At some point during the voyage, which could last anywhere from two weeks to 35 days and start from US$15,000 per person/double occupancy, guests would likely receive at least one more round of testing—with any positive results sending the guest and their close contacts into dedicated quarantine cabins.
Lindblad is still preparing for a worst-case scenario. As such, its ships will be equipped with a ventilator that the staff doctor will be trained to operate, and a medical evacuation plan—currently being developed by the International Association of Antarctic Tour Operators (IAATO)—will include prearranged agreements with local hospitals.

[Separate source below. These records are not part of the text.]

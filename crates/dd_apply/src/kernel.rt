//! The kernel: a store with a cache of results.
ghost use Rattle.std.specs.Prelude.{◌≡◌, ℕ, ◌≤◌, ◌<◌, [], IfOk};

mod binary;
mod implies;
mod ite;
mod node;
mod operations;
mod split;
mod store;

use crate::results::Results;
use dd_store::{OutOfMemory, Store};
use std::alloc::Global;
use std::marker::Model;

/// A table of decision diagrams with operations on them, and a cache of their results. Contracts see it as the `Table`
/// of its store: no answer depends on the cache.
// A method that reads no field before it calls another one begins with `let _whole = &self.store;`: what always holds
// of the fields is known to a proof only where one of them is read.
#[derive(Drop)]
pub struct Kernel {
    /// The table.
    store: Store,
    /// The results that are kept. They are forgotten before a node's number can be used again.
    results: Results,
    /// How often a node became an end of a new node, counted no further than 255: results are kept only of nodes that
    /// are shared. That is a hint: a wrong count costs time alone.
    ends: Vec<u8>,
}

impl Model for Kernel {
    ghost use Rattle.dd_store.specs.Table.{Table};
    ghost use Rattle.dd_apply.specs.Right.{AreRight};

    ghost Value = { Table };

    ghost view = { λ k. k.store };

    ghost invariant = { λ k. AreRight k.store k.results };
}

impl Kernel {
    ghost use Rattle.dd_store.specs.Limits.{least_budget, most_budget};
    ghost use Rattle.dd_store.specs.Table.{IsSound, node_count, handle_count, handles_on};

    /// A kernel of an empty table: no variable, no node and no live handle. `budget` is the number of nodes that it may
    /// hold, for good.
    pub fn new(alloc: Global, budget: u32) -> Result<Kernel, OutOfMemory>
        requires least { least_budget ≤ budget }
        requires largest { budget ≤ most_budget }
        ensures variables { IfOk result (λ kernel. kernel.order ≡ []) }
        ensures nodes { IfOk result (λ kernel. node_count kernel ≡ 0) }
        ensures handles { IfOk result (λ kernel. (n : ℕ) → handles_on kernel n ≡ 0) }
        ensures none_live { IfOk result (λ kernel. handle_count kernel ≡ 0) }
        ensures budget { IfOk result (λ kernel. kernel.budget ≡ budget) }
        ensures sound { IfOk result IsSound }
    {
        let store = Store::new(alloc, budget)?;
        Ok(Kernel {
            store,
            results: Results::new(alloc),
            ends: Vec::new(alloc),
        })
    }

    /// Forgets all results that are kept.
    pub fn clear_cache(&mut self)
        ensures { self.new ≡ self.old }
    {
        self.results.forget();
    }
}
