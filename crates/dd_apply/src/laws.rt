//! Laws of the definitions. The function does nothing: what it ensures is the laws.
ghost use Rattle.dd_apply.specs.Laws.{FewAreMade, RoomKeepsNodes};

/// An operation makes at most as many nodes as its function needs, and takes none out of the table while these with the
/// nodes that are there are below the budget.
pub fn room_keeps_nodes()
    ensures few { FewAreMade }
    ensures stays { RoomKeepsNodes }
{}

Of course, in Antarctica, there’s no such thing: Once you’re beyond the Drake Passage, the only air ambulance is from King George Island to Punta Arenas, Chile. In the event of a large outbreak, the ship would have to turn back.
No Local Contact
Staying away from people is easy in Antarctica. The only human interaction might come at research stations, which Lindblad used to include on weather-permitting trips. Now the company is planning not to visit them until scientists agree or the pandemic fully subsides.
In other destinations where Lindblad soon hopes to again operate its 48- to 148-passenger ships, such as Baja, Mexico, the Galápagos Islands, and Tahiti, civilization would be avoided—which flies in the face of some of the line’s sustainability goals.
“It’s a conundrum,” says CEO Lindblad. “We want to provide [local communities] with some economic value.” Selling local artwork shipboard may be one way, he says; other ideas are under development.
These workarounds will likely be necessary well into 2021. Even if there’s a vaccine, it wouldn’t be 100 per cent effective, explains Lorber.
And yet, about 40 per cent to 45 per cent of the company’s past guests have indicated they’re ready to cruise again. Says Lindblad: “I think there will be an acceleration of interest in places that are remote. That just naturally feels safer to people. Bouncing around big cities, not so much.”